I just got back from Jensen. I went up last night to take care of some business and fished the Causeway for about an hour and a half, caught nothing and saw nothing caught. 

Guys were reporting a fair pompano bite and good Spanish action during the daytime on jigs and live shrimp. Very windy and the water was gray.

The surf was a little rough but the water was relatively clear and weed free. When I left about 7 this morning it looked better than last night, but it was still supposed to be windy, from the SE.

SE winds always make the water dirtier than NE winds, but I didn't see any seaweed on the beach. Blues and jacks on the beach, one snook (that I know of) came off the beach last weekend.

If you have a choice it might be better to let the winds die down before you go. 

Will be back up there Tuesday night and again Thursday and through the weekend.
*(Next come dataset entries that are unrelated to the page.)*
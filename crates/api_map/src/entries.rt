//! The members of Map.Entry.
ghost use Rattle.api_map.specs.Entries as spec;
ghost use Rattle.container_outcomes.specs.Outcomes.{Tells};

use crate::arguments::entry_at;
use crate::errors::gone;
use crate::guards::may_put;
use crate::maps::{has_key, puts, value_or_null};
use container_outcomes::{Outcome, given, null_error, unsupported};
use member_arguments::value_at;
use object_heap::Heap;
use object_values::Value;

fn value_set(heap: &Heap, map: u32, key: &Value, value: &Value) -> Outcome
    ensures { Tells (spec.value_set heap.now.objects (map, key.now) value.now) result }
{
    if !may_put(heap, map, key) {
        return unsupported();
    }
    if has_key(heap, map, key) {
        puts(map, key, value)
    } else {
        gone(heap)
    }
}

/// `getKey()`.
pub fn get_key(heap: &Heap, args: &[Value]) -> Outcome
    ensures { Tells (spec.get_key heap.now.objects args.now) result }
{
    match entry_at(heap, args, 0) {
        Some((_, key)) => given(key),
        None => null_error(),
    }
}

/// `getValue()`.
pub fn get_value(heap: &Heap, args: &[Value]) -> Outcome
    ensures { Tells (spec.get_value heap.now.objects args.now) result }
{
    match entry_at(heap, args, 0) {
        Some((map, key)) => value_or_null(heap, map, key),
        None => null_error(),
    }
}

/// `setValue(def)`.
pub fn set_value(heap: &Heap, args: &[Value]) -> Outcome
    ensures { Tells (spec.set_value heap.now.objects args.now) result }
{
    match (entry_at(heap, args, 0), value_at(args, 1)) {
        (Some((map, key)), Some(value)) => value_set(heap, map, key, value),
        _ => null_error(),
    }
}
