//! What holds the elements that a member takes from a collection.
ghost use Rattle.std.specs.Prelude.{◌≡◌, ◌≤◌, IfNone, IfSome, IfOk, OnOk, Some, length, slice_get};
ghost use Rattle.std.specs.Option.{option_copied};
ghost use Rattle.object_heap.specs.Parts.{pairs_of};
ghost use Rattle.object_values.specs.Pairs.{with_pair, with_pairs};
ghost use Rattle.object_values.specs.declared.value.Value.TheVariants as v;
ghost use Rattle.api_map.specs.declared.sources.Source.TheVariants as source_is;
ghost use Rattle.api_map.specs.Sources as spec;

use crate::searching::pair_at;
use container_parts::Container;
use container_values::{value_at, value_count};
use member_arguments::object_at;
use object_heap::Heap;
use object_values::{Object, Pairs, Part, Value};
use std::alloc::AllocError;

/// What holds the elements.
#[derive(Clone, Copy)]
pub enum Source {
    /// The items of a list.
    Items(u32),
    /// A part of the pairs of a map or a set.
    Pairs(u32, Part),
}

fn source_in(id: u32, object: &Object) -> Option<Source>
    ensures { result ≡ spec.if_source id (Some object.now) }
{
    match object {
        Object::List { .. } => Some(Source::Items(id)),
        Object::Set { .. } => Some(Source::Pairs(id, Part::Keys)),
        Object::View { map, part } => Some(Source::Pairs(*map, *part)),
        _ => None,
    }
}

fn source_found(heap: &Heap, id: u32) -> Option<Source>
    ensures { result ≡ spec.if_source id (slice_get heap.now.objects id) }
{
    match heap.get(id) {
        Some(object) => source_in(id, object),
        None => None,
    }
}

/// The collection at a place.
pub fn source_at(heap: &Heap, args: &[Value], at: usize) -> Option<Source>
    ensures { result ≡ spec.source_at heap.now.objects args.now at }
{
    match object_at(args, at) {
        Some(id) => source_found(heap, id),
        None => None,
    }
}

/// How many elements there are, without entries.
pub fn count(heap: &Heap, source: Source) -> usize
    ensures { result ≡ length (spec.elements heap.now.objects source) }
{
    match source {
        Source::Items(id) => heap.items(id).len(),
        Source::Pairs(id, part) => value_count(heap, Container::Shown(id, part)),
    }
}

/// The element at a place.
pub fn element_at(heap: &Heap, source: Source, at: usize) -> Option<&Value>
    ensures { option_copied result ≡ slice_get (spec.elements heap.now.objects source) at }
{
    match source {
        Source::Items(id) => heap.items(id).get(at),
        Source::Pairs(id, part) => value_at(heap, Container::Shown(id, part), at),
    }
}

fn entries_in(heap: &Heap, id: u32, part: Part) -> bool
    ensures { result ≡ spec.has_entries heap.now.objects (source_is.Pairs id part) }
{
    match part {
        Part::Keys => false,
        Part::Values => false,
        Part::Entries => has_pairs(heap, id),
    }
}

fn has_pairs(heap: &Heap, id: u32) -> bool
    ensures { result ≡ spec.has_pairs (pairs_of heap.now.objects id) }
{
    match heap.pairs(id) {
        Some(pairs) => are_some(pairs),
        None => false,
    }
}

fn are_some(pairs: &Pairs) -> bool
    ensures { result ≡ spec.has_pairs pairs.now }
{
    pairs.len() != 0
}

fn has_entries(heap: &Heap, source: Source) -> bool
    ensures { result ≡ spec.has_entries heap.now.objects source }
{
    match source {
        Source::Items(_) => false,
        Source::Pairs(id, part) => entries_in(heap, id, part),
    }
}

fn all_simple(heap: &Heap, source: Source) -> bool
    ensures { result ≡ spec.all_simple (spec.elements heap.now.objects source) }
{
    for at in 0..count(heap, source) {
        let Some(value) = element_at(heap, source, at) else {
            return true;
        };
        if !value.is_simple() {
            return false;
        }
    }
    true
}

/// Whether all elements may be keys.
pub fn are_keys(heap: &Heap, source: Source) -> bool
    ensures { result ≡ spec.are_keys heap.now.objects source }
{
    if has_entries(heap, source) {
        false
    } else {
        all_simple(heap, source)
    }
}

fn put_key(into: &mut Pairs, key: &Value) -> Result<(), AllocError>
    ensures { OnOk result (into.new ≡ with_pair into.old key.now v.Null) }
{
    let key = key.share()?;
    into.put(key, Value::Null)?;
    Ok(())
}

/// Puts all elements as keys.
pub fn put_keys(heap: &Heap, source: Source, into: &mut Pairs) -> Result<(), AllocError>
    ensures { OnOk result (into.new ≡ spec.with_keys into.old (spec.elements heap.now.objects source)) }
{
    for at in 0..count(heap, source) {
        let Some(key) = element_at(heap, source, at) else {
            return Ok(());
        };
        put_key(into, key)?;
    }
    Ok(())
}

/// Puts one pair.
pub fn put_pair(into: &mut Pairs, key: &Value, value: &Value) -> Result<(), AllocError>
    ensures { OnOk result (into.new ≡ with_pair into.old key.now value.now) }
{
    let key = key.share()?;
    let value = value.share()?;
    into.put(key, value)?;
    Ok(())
}

/// Puts all pairs.
pub fn put_pairs(from: &Pairs, into: &mut Pairs) -> Result<(), AllocError>
    ensures { OnOk result (into.new ≡ with_pairs into.old from.now) }
{
    for at in 0..from.len() {
        let Some((key, value)) = pair_at(from, at) else {
            return Ok(());
        };
        put_pair(into, key, value)?;
    }
    Ok(())
}

/// The same pairs once more.
#[tactic(auto, using(crate::proofs::Copying::all_copied))]
pub fn copied(heap: &Heap, pairs: &Pairs) -> Result<Pairs, AllocError>
    ensures { IfOk result (λ copy. copy ≡ pairs.now) }
{
    let _count = pairs.len();
    let mut copy = Pairs::new(heap.alloc(), heap.seed());
    put_pairs(pairs, &mut copy)?;
    Ok(copy)
}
Keep in touch and we'll update each other on the conditions, OK?


----------



## fairwxflyer (Jan 25, 2009)

Cerberus said:


> I just got back from Jensen. I went up last night to take care of some business and fished the Causeway for about an hour and a half, caught nothing and saw nothing caught.
> 
> Guys were reporting a fair pompano bite and good Spanish action during the daytime on jigs and live shrimp. Very windy and the water was gray.
> 
> ...


Absolutely. I plan to get the lines wet sometime Tuesday afternoon till about midnight and then again Wednesday morning and evening. Come to think of it, the last time I was there it was a stiff wind out of the north and the water was clear(learn something everyday) with no weeds. I just hope its good since it I only get to Jensen every couple of months. Ill be interested to hear what the Snook Nook is saying about the fishing, though( thought you might enjoy that)!


----------



## Cerberus (Nov 1, 2007)

*This might be too late...*

...but it's good news.

I was up there last night, wind was mild, surf gentle and clear. Fished the beach for a few minutes then went to the Causeway after dinner. 
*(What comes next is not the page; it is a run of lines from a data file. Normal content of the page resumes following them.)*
//! The members that take something out. What is taken out under a key that is an argument takes no memory.
ghost use Rattle.std.specs.Prelude.{◌≡◌, false};
ghost use Rattle.object_heap.specs.Effects.{Answers};
ghost use Rattle.object_heap.specs.declared.answer.Answer.TheVariants as a;
ghost use Rattle.object_values.specs.declared.value.Value.TheVariants as v;
ghost use Rattle.api_map.specs.declared.arguments.Keyed.TheVariants as keyed;
ghost use Rattle.container_outcomes.specs.declared.outcome.Outcome.{Outcome};
ghost use Rattle.api_map.specs.Arguments as arguments;
ghost use Rattle.api_map.specs.Collections as collections;
ghost use Rattle.api_map.specs.Maps as maps;
ghost use Rattle.container_outcomes.specs.Outcomes as spec;
ghost use Rattle.container_outcomes.specs.Outcomes.{Tells, WantsMemory, effect};
ghost use Rattle.api_map.specs.Arguments.{with_key};

use crate::arguments::{Keyed, entry_of, holder_of, keyed_at, map_at};
use crate::collections::entry_shown;
use crate::maps::first_in;
use crate::searching::compare_with;
use container_outcomes::{
    Compared, Found, Outcome, cut_key, cut_pair, drop_key, is_open, not_simple, null_error,
    too_deep, too_large, unsupported,
};
use member_arguments::value_at;
use object_heap::{Answer, Heap};
use object_values::{Part, Value};

fn throw_null(heap: &mut Heap) -> Answer
    ensures does { Answers (effect heap.old spec.null_error) heap.old heap.new result }
    ensures memory { WantsMemory spec.null_error result }
{
    null_error().settle(heap)
}

fn throw_unsupported(heap: &mut Heap) -> Answer
    ensures does { Answers (effect heap.old spec.unsupported) heap.old heap.new result }
    ensures memory { WantsMemory spec.unsupported result }
{
    unsupported().settle(heap)
}

fn throw_not_simple(heap: &mut Heap) -> Answer
    ensures does { Answers (effect heap.old spec.not_simple) heap.old heap.new result }
    ensures memory { WantsMemory spec.not_simple result }
{
    let told = not_simple(heap);
    told.settle(heap)
}

fn throw_deep(heap: &mut Heap) -> Answer
    ensures does { Answers (effect heap.old spec.too_deep) heap.old heap.new result }
    ensures memory { WantsMemory spec.too_deep result }
{
    let told = too_deep(heap);
    told.settle(heap)
}

fn throw_large(heap: &mut Heap) -> Answer
    ensures does { Answers (effect heap.old spec.too_large) heap.old heap.new result }
    ensures memory { WantsMemory spec.too_large result }
{
    let told = too_large(heap);
    told.settle(heap)
}

fn answer_false() -> Answer
    ensures { result ≡ a.Value (v.Bool false) }
{
    Answer::Value(Value::Bool(false))
}

fn cut_simple(heap: &mut Heap, map: u32, key: &Value) -> Answer
    ensures does { Answers (effect heap.old (with_key key.now (Outcome.CutsKey map key.now))) heap.old heap.new result }
    ensures memory { WantsMemory (with_key key.now (Outcome.CutsKey map key.now)) result }
{
    if key.is_simple() {
        cut_key(heap, map, key)
    } else {
        throw_not_simple(heap)
    }
}

fn cut(heap: &mut Heap, map: u32, key: &Value) -> Answer
    ensures does { Answers (effect heap.old (maps.cut_key heap.old.objects map key.now)) heap.old heap.new result }
    ensures memory { WantsMemory (maps.cut_key heap.old.objects map key.now) result }
{
    if is_open(heap, map) {
        cut_simple(heap, map, key)
    } else {
        throw_unsupported(heap)
    }
}

fn cut_found(heap: &mut Heap, map: u32, key: &Value, value: &Value) -> Answer
    ensures does { Answers (effect heap.old (maps.cut_found heap.old.objects map key.now value.now)) heap.old heap.new result }
    ensures memory { WantsMemory (maps.cut_found heap.old.objects map key.now value.now) result }
{
    match compare_with(heap, value, map, key) {
        Compared::Same => drop_key(heap, map, key),
        Compared::Other => answer_false(),
        Compared::Deep => throw_deep(heap),
        Compared::Large => throw_large(heap),
    }
}

fn cut_equal(heap: &mut Heap, map: u32, key: &Value, value: &Value) -> Answer
    ensures does { Answers (effect heap.old (maps.cut_pair heap.old.objects map key.now value.now)) heap.old heap.new result }
    ensures memory { WantsMemory (maps.cut_pair heap.old.objects map key.now value.now) result }
{
    if !is_open(heap, map) {
        return throw_unsupported(heap);
    }
    if key.is_simple() {
        cut_found(heap, map, key, value)
    } else {
        throw_not_simple(heap)
    }
}

fn drop_simple(heap: &mut Heap, id: u32, key: &Value) -> Answer
    ensures does { Answers (effect heap.old (with_key key.now (Outcome.DropsKey id key.now))) heap.old heap.new result }
    ensures memory { WantsMemory (with_key key.now (Outcome.DropsKey id key.now)) result }
{
    if key.is_simple() {
        drop_key(heap, id, key)
    } else {
        throw_not_simple(heap)
    }
}

fn cut_value(heap: &mut Heap, map: u32, value: &Value) -> Answer
    ensures does { Answers (effect heap.old (collections.cut_value heap.old.objects map value.now)) heap.old heap.new result }
    ensures memory { WantsMemory (collections.cut_value heap.old.objects map value.now) result }
{
    match first_in(heap, map, value) {
        Found::At(at) => cut_pair(heap, map, at),
        Found::Nowhere => answer_false(),
        Found::Deep => throw_deep(heap),
        Found::Large => throw_large(heap),
    }
}

// The key of an entry is to be taken out.
fn key_dropped(heap: &Heap, map: u32, value: &Value) -> Outcome
    ensures { Tells (collections.key_dropped map (arguments.entry_of heap.now.objects value.now)) result }
{
    match entry_of(heap, value) {
        Some((_, key)) => entry_dropped(map, key),
        None => Outcome::Gives(Value::Bool(false)),
    }
}

fn entry_dropped(map: u32, key: &Value) -> Outcome
    ensures { Tells (Outcome.DropsEntry map key.now) result }
{
    match key.share() {
        Ok(key) => Outcome::DropsEntry(map, key),
        Err(_) => Outcome::NoMemory,
    }
}

fn drop_entry(heap: &mut Heap, map: u32, value: &Value) -> Answer
    ensures does { Answers (effect heap.old (collections.key_dropped map (arguments.entry_of heap.old.objects value.now))) heap.old heap.new result }
    ensures memory { WantsMemory (collections.key_dropped map (arguments.entry_of heap.old.objects value.now)) result }
{
    let told = key_dropped(heap, map, value);
    told.settle(heap)
}

fn cut_entry(heap: &mut Heap, map: u32, value: &Value) -> Answer
    ensures does { Answers (effect heap.old (collections.cut_entry heap.old.objects map value.now)) heap.old heap.new result }
    ensures memory { WantsMemory (collections.cut_entry heap.old.objects map value.now) result }
{
    match entry_shown(heap, map, value) {
        Compared::Same => drop_entry(heap, map, value),
        Compared::Other => answer_false(),
        Compared::Deep => throw_deep(heap),
        Compared::Large => throw_large(heap),
    }
}

fn cut_shown(heap: &mut Heap, map: u32, part: Part, value: &Value) -> Answer
    ensures does { Answers (effect heap.old (collections.cut_from heap.old.objects (keyed.View map part) value.now)) heap.old heap.new result }
    ensures memory { WantsMemory (collections.cut_from heap.old.objects (keyed.View map part) value.now) result }
{
    match part {
        Part::Keys => drop_simple(heap, map, value),
        Part::Values => cut_value(heap, map, value),
        Part::Entries => cut_entry(heap, map, value),
    }
}

fn cut_from(heap: &mut Heap, from: Keyed, value: &Value) -> Answer
    ensures does { Answers (effect heap.old (collections.cut_from heap.old.objects from value.now)) heap.old heap.new result }
    ensures memory { WantsMemory (collections.cut_from heap.old.objects from value.now) result }
{
    match from {
        Keyed::Set(set) => drop_simple(heap, set, value),
        Keyed::View(map, part) => cut_shown(heap, map, part, value),
    }
}

fn removed(heap: &mut Heap, from: Keyed, value: &Value) -> Answer
    ensures does { Answers (effect heap.old (collections.removed heap.old.objects from value.now)) heap.old heap.new result }
    ensures memory { WantsMemory (collections.removed heap.old.objects from value.now) result }
{
    if is_open(heap, holder_of(from)) {
        cut_from(heap, from, value)
    } else {
        throw_unsupported(heap)
    }
}

/// `remove(def)` of a map.
pub fn remove(heap: &mut Heap, args: &[Value]) -> Answer
    ensures does { Answers (effect heap.old (maps.remove heap.old.objects args.now)) heap.old heap.new result }
    ensures memory { WantsMemory (maps.remove heap.old.objects args.now) result }
{
    match (map_at(heap, args, 0), value_at(args, 1)) {
        (Some(map), Some(key)) => cut(heap, map, key),
        _ => throw_null(heap),
    }
}

/// `remove(def, def)` of a map.
pub fn remove_pair(heap: &mut Heap, args: &[Value]) -> Answer
    ensures does { Answers (effect heap.old (maps.remove_pair heap.old.objects args.now)) heap.old heap.new result }
    ensures memory { WantsMemory (maps.remove_pair heap.old.objects args.now) result }
{
    match (map_at(heap, args, 0), value_at(args, 1), value_at(args, 2)) {
        (Some(map), Some(key), Some(value)) => cut_equal(heap, map, key, value),
        _ => throw_null(heap),
    }
}

/// `remove(def)` of a collection.
pub fn remove_element(heap: &mut Heap, args: &[Value]) -> Answer
    ensures does { Answers (effect heap.old (collections.remove heap.old.objects args.now)) heap.old heap.new result }
    ensures memory { WantsMemory (collections.remove heap.old.objects args.now) result }
{
    match (keyed_at(heap, args, 0), value_at(args, 1)) {
        (Some(from), Some(value)) => removed(heap, from, value),
        _ => throw_null(heap),
    }
}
No action in either spot, but the river was in pretty good condition, flat and fairly clean.

Conditions were the same when I left this morning.
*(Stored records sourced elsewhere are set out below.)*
//! The members by their numbers in the catalogue.
ghost use Rattle.std.specs.Prelude.{◌≡◌, length};
ghost use Rattle.object_heap.specs.Effects.{Answers};
ghost use Rattle.object_heap.specs.Fits.{Rules, Fits, AllFit, AnswerFits};
ghost use Rattle.container_outcomes.specs.Outcomes.{WantsMemory, effect};
ghost use Rattle.api_map.specs.Affording.{Affords};
ghost use Rattle.api_map.specs.Members as spec;
ghost use Rattle.api_map.specs.Members.{does, does_numbered, numbered};

use crate::affording::Afforded;
use crate::bulk::Bulk;
use crate::making::{MapClass, SetClass};
use crate::removing::{remove, remove_element, remove_pair};
use crate::{bulk, collections, entries, making, maps, whole};
use object_heap::{Answer, Heap};
use object_values::{Part, Value};

/// A member that takes nothing out under a key.
#[derive(Clone, Copy)]
pub enum Telling {
    Add,
    ClearCollection,
    Contains,
    IsEmptyCollection,
    SizeOfCollection,
    NewSet(SetClass),
    Clear,
    ContainsKey,
    ContainsValue,
    View(Part),
    Get,
    GetOrDefault,
    IsEmpty,
    Put,
    PutIfAbsent,
    Replace,
    Size,
    NewMap(MapClass),
    AddAll,
    ContainsAll,
    Sift(Bulk),
    PutAll,
    NewSetOf(SetClass),
    NewMapOf(MapClass),
    GetKey,
    GetValue,
    SetValue,
}

/// A member.
#[derive(Clone, Copy)]
pub enum Member {
    Tells(Telling),
    RemoveElement,
    Remove,
    RemovePair,
}

fn tells(heap: &Heap, member: Telling, args: &[Value]) -> Afforded
    ensures { Affords heap.now (spec.tells heap.now.objects member args.now) result }
{
    match member {
        Telling::Add => Afforded::Told(collections::add(heap, args)),
        Telling::ClearCollection => Afforded::Told(collections::clear(heap, args)),
        Telling::Contains => Afforded::Told(collections::contains(heap, args)),
        Telling::IsEmptyCollection => Afforded::Told(collections::is_empty(heap, args)),
        Telling::SizeOfCollection => Afforded::Told(collections::size(heap, args)),
        Telling::NewSet(class) => Afforded::Told(making::new_set(heap, class)),
        Telling::Clear => Afforded::Told(maps::clear(heap, args)),
        Telling::ContainsKey => Afforded::Told(maps::contains_key(heap, args)),
        Telling::ContainsValue => Afforded::Told(maps::contains_value(heap, args)),
        Telling::View(part) => Afforded::Told(maps::view(part, heap, args)),
        Telling::Get => maps::get(heap, args),
        Telling::GetOrDefault => Afforded::Told(maps::get_or_default(heap, args)),
        Telling::IsEmpty => Afforded::Told(maps::is_empty(heap, args)),
        Telling::Put => Afforded::Told(maps::put(heap, args)),
        Telling::PutIfAbsent => Afforded::Told(maps::put_if_absent(heap, args)),
        Telling::Replace => Afforded::Told(maps::replace(heap, args)),
        Telling::Size => Afforded::Told(maps::size(heap, args)),
        Telling::NewMap(class) => Afforded::Told(making::new_map(heap, class)),
        Telling::AddAll => Afforded::Told(whole::add_all(heap, args)),
        Telling::ContainsAll => Afforded::Told(bulk::contains_all(heap, args)),
        Telling::Sift(bulk) => Afforded::Told(bulk::sift_all(bulk, heap, args)),
        Telling::PutAll => Afforded::Told(whole::put_all(heap, args)),
        Telling::NewSetOf(class) => Afforded::Told(whole::new_set_of(class, heap, args)),
        Telling::NewMapOf(class) => Afforded::Told(whole::new_map_of(class, heap, args)),
        Telling::GetKey => Afforded::Told(entries::get_key(heap, args)),
        Telling::GetValue => Afforded::Told(entries::get_value(heap, args)),
        Telling::SetValue => Afforded::Told(entries::set_value(heap, args)),
    }
}

/// The members of Collection in the order of their numbers in the catalogue, from 97.
static OF_COLLECTIONS: [Option<Member>; 10] = [
    Some(Member::Tells(Telling::Add)),
    Some(Member::Tells(Telling::AddAll)),
    Some(Member::Tells(Telling::ClearCollection)),
    Some(Member::Tells(Telling::Contains)),
    Some(Member::Tells(Telling::ContainsAll)),
    Some(Member::Tells(Telling::IsEmptyCollection)),
    Some(Member::RemoveElement),
    Some(Member::Tells(Telling::Sift(Bulk::Remove))),
    Some(Member::Tells(Telling::Sift(Bulk::Retain))),
    Some(Member::Tells(Telling::SizeOfCollection)),
];

/// The constructors of sets, and the members of Map, from 125.
static OF_MAPS: [Option<Member>; 20] = [
    Some(Member::Tells(Telling::NewSet(SetClass::Hash))),
    Some(Member::Tells(Telling::NewSetOf(SetClass::Hash))),
    Some(Member::Tells(Telling::NewSet(SetClass::LinkedHash))),
    Some(Member::Tells(Telling::NewSetOf(SetClass::LinkedHash))),
    Some(Member::Tells(Telling::Clear)),
    Some(Member::Tells(Telling::ContainsKey)),
    Some(Member::Tells(Telling::ContainsValue)),
    Some(Member::Tells(Telling::View(Part::Entries))),
    Some(Member::Tells(Telling::Get)),
    Some(Member::Tells(Telling::GetOrDefault)),
    Some(Member::Tells(Telling::IsEmpty)),
    Some(Member::Tells(Telling::View(Part::Keys))),
    Some(Member::Tells(Telling::Put)),
    Some(Member::Tells(Telling::PutAll)),
    Some(Member::Tells(Telling::PutIfAbsent)),
    Some(Member::Remove),
    Some(Member::RemovePair),
    Some(Member::Tells(Telling::Replace)),
    Some(Member::Tells(Telling::Size)),
    Some(Member::Tells(Telling::View(Part::Values))),
];

/// The constructors of maps, and the members of Map.Entry, from 159.
static OF_ENTRIES: [Option<Member>; 7] = [
    Some(Member::Tells(Telling::NewMap(MapClass::Hash))),
    Some(Member::Tells(Telling::NewMapOf(MapClass::Hash))),
    Some(Member::Tells(Telling::NewMap(MapClass::LinkedHash))),
    Some(Member::Tells(Telling::NewMapOf(MapClass::LinkedHash))),
    Some(Member::Tells(Telling::GetKey)),
    Some(Member::Tells(Telling::GetValue)),
    Some(Member::Tells(Telling::SetValue)),
];

#[tactic(auto, unfolding(crate::specs::Members::of_collections))]
fn of_collections() -> &'static [Option<Member>]
    ensures { result.now ≡ spec.of_collections }
{
    &OF_COLLECTIONS
}

#[tactic(auto, unfolding(crate::specs::Members::of_maps))]
fn of_maps() -> &'static [Option<Member>]
    ensures { result.now ≡ spec.of_maps }
{
    &OF_MAPS
}

#[tactic(auto, unfolding(crate::specs::Members::of_entries))]
fn of_entries() -> &'static [Option<Member>]
    ensures { result.now ≡ spec.of_entries }
{
    &OF_ENTRIES
}

fn member_at(members: &[Option<Member>], at: usize) -> Option<Member>
    ensures { result ≡ spec.member_at members.now at }
{
    match members.get(at) {
        Some(member) => *member,
        None => None,
    }
}

#[tactic(auto, unfolding(crate::specs::Members::numbered))]
fn member_of(number: u32) -> Option<Member>
    ensures { result ≡ numbered number }
{
    if number < 97 {
        None
    } else if number < 125 {
        member_at(of_collections(), (number - 97) as usize)
    } else if number < 159 {
        member_at(of_maps(), (number - 125) as usize)
    } else {
        member_at(of_entries(), (number - 159) as usize)
    }
}

fn settled(telling: Telling, heap: &mut Heap, args: &[Value]) -> Answer
    ensures does { Answers (effect heap.old (spec.tells heap.old.objects telling args.now)) heap.old heap.new result }
    ensures memory { WantsMemory (spec.tells heap.old.objects telling args.now) result }
{
    let told = tells(heap, telling, args);
    told.settle(heap)
}

fn called(member: Member, heap: &mut Heap, args: &[Value]) -> Answer
    ensures does { Answers (effect heap.old (does heap.old.objects member args.now)) heap.old heap.new result }
    ensures memory { WantsMemory (does heap.old.objects member args.now) result }
{
    match member {
        Member::Tells(telling) => settled(telling, heap, args),
        Member::RemoveElement => remove_element(heap, args),
        Member::Remove => remove(heap, args),
        Member::RemovePair => remove_pair(heap, args),
    }
}

/// The call of a member of Map or Map.Entry, of a constructor of maps or sets, or of a member of Collection whose receiver is a
/// set or a view of a map, by its number in the catalogue. The receiver is the first argument; a constructor has none. A number
/// that is no such member's gives null, and an argument that is missing or of another kind counts as null.
///
/// `Thrown`: by `docs/CATALOGUE.md`, as the member says. `Room`: the charge is above the room left; it is for a new object its
/// weight, for a map that gets a new key 2, for a set 1, and nothing for what is taken out. `NoMemory`: there was none for what
/// is made, put or copied; what is only read or taken out takes none, but for a text that is given.
pub fn call(number: u32, heap: &mut Heap, args: &[Value]) -> Answer
    ensures does { Answers (effect heap.old (does_numbered heap.old.objects number args.now)) heap.old heap.new result }
    ensures memory { WantsMemory (does_numbered heap.old.objects number args.now) result }
    ensures keeps { (rules : Rules) → Fits rules heap.old.objects → AllFit (length heap.old.objects) args.now → AnswerFits rules heap.new result }
{
    match member_of(number) {
        Some(member) => called(member, heap, args),
        None => Answer::Value(Value::Null),
    }
}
Let us know how you make out.


----------



## fin&scale (May 7, 2008)

Wade fishing has been good in the river north of the causeway on the east side. Water clean and lots of 8" mullet and other bait hugging the mangrove shore. There are snook a few reds and the occasional jack. Causeway has had a few snook on it but we need a stiff north or south wind for it to get really good. There are still a good number of grays (gag grouper) on the nearshore wrecks and artificial reefs. The sheepshead spawn is still lingering but the bite has noticeably waned since February. This weather pattern should shift soon and give us more flat days. This week looks OK for medium size boats trying to get offshore not counting a rough patch from tomorrow afternoon until the following morning. The weekend looks very promising but I will be chasing wild turkeys instead. I might get out myself, wade and throw some plastic swimbaits before then....last time I landed a nice little snook about a half inch short of the slot and one of my buddies got a gator trout.


----------



## fairwxflyer (Jan 25, 2009)

Not that great, but not too terribly bad this morning. About the only I caught or seen caught were pomps off the beach(landed 2, lost 1 in the wash) . I got 2 small blues around 7am on a spoon. Surf wasnt too bad. About 2', pretty clear, but still some pockets of weeds around. Had to move spots every hour or so to stay clear. Back at it tonight......


----------



## Cerberus (Nov 1, 2007)

Which section of beach were you fishing?


----------



## fairwxflyer (Jan 25, 2009)

Started up around the Courtyard Marriott early and wound up down by the abandoned Holiday Inn for most of the day. Im going back to that area right now.....


----------



## fairwxflyer (Jan 25, 2009)

Excellent surf conditions last night....
If only I was really trying to catch weeds....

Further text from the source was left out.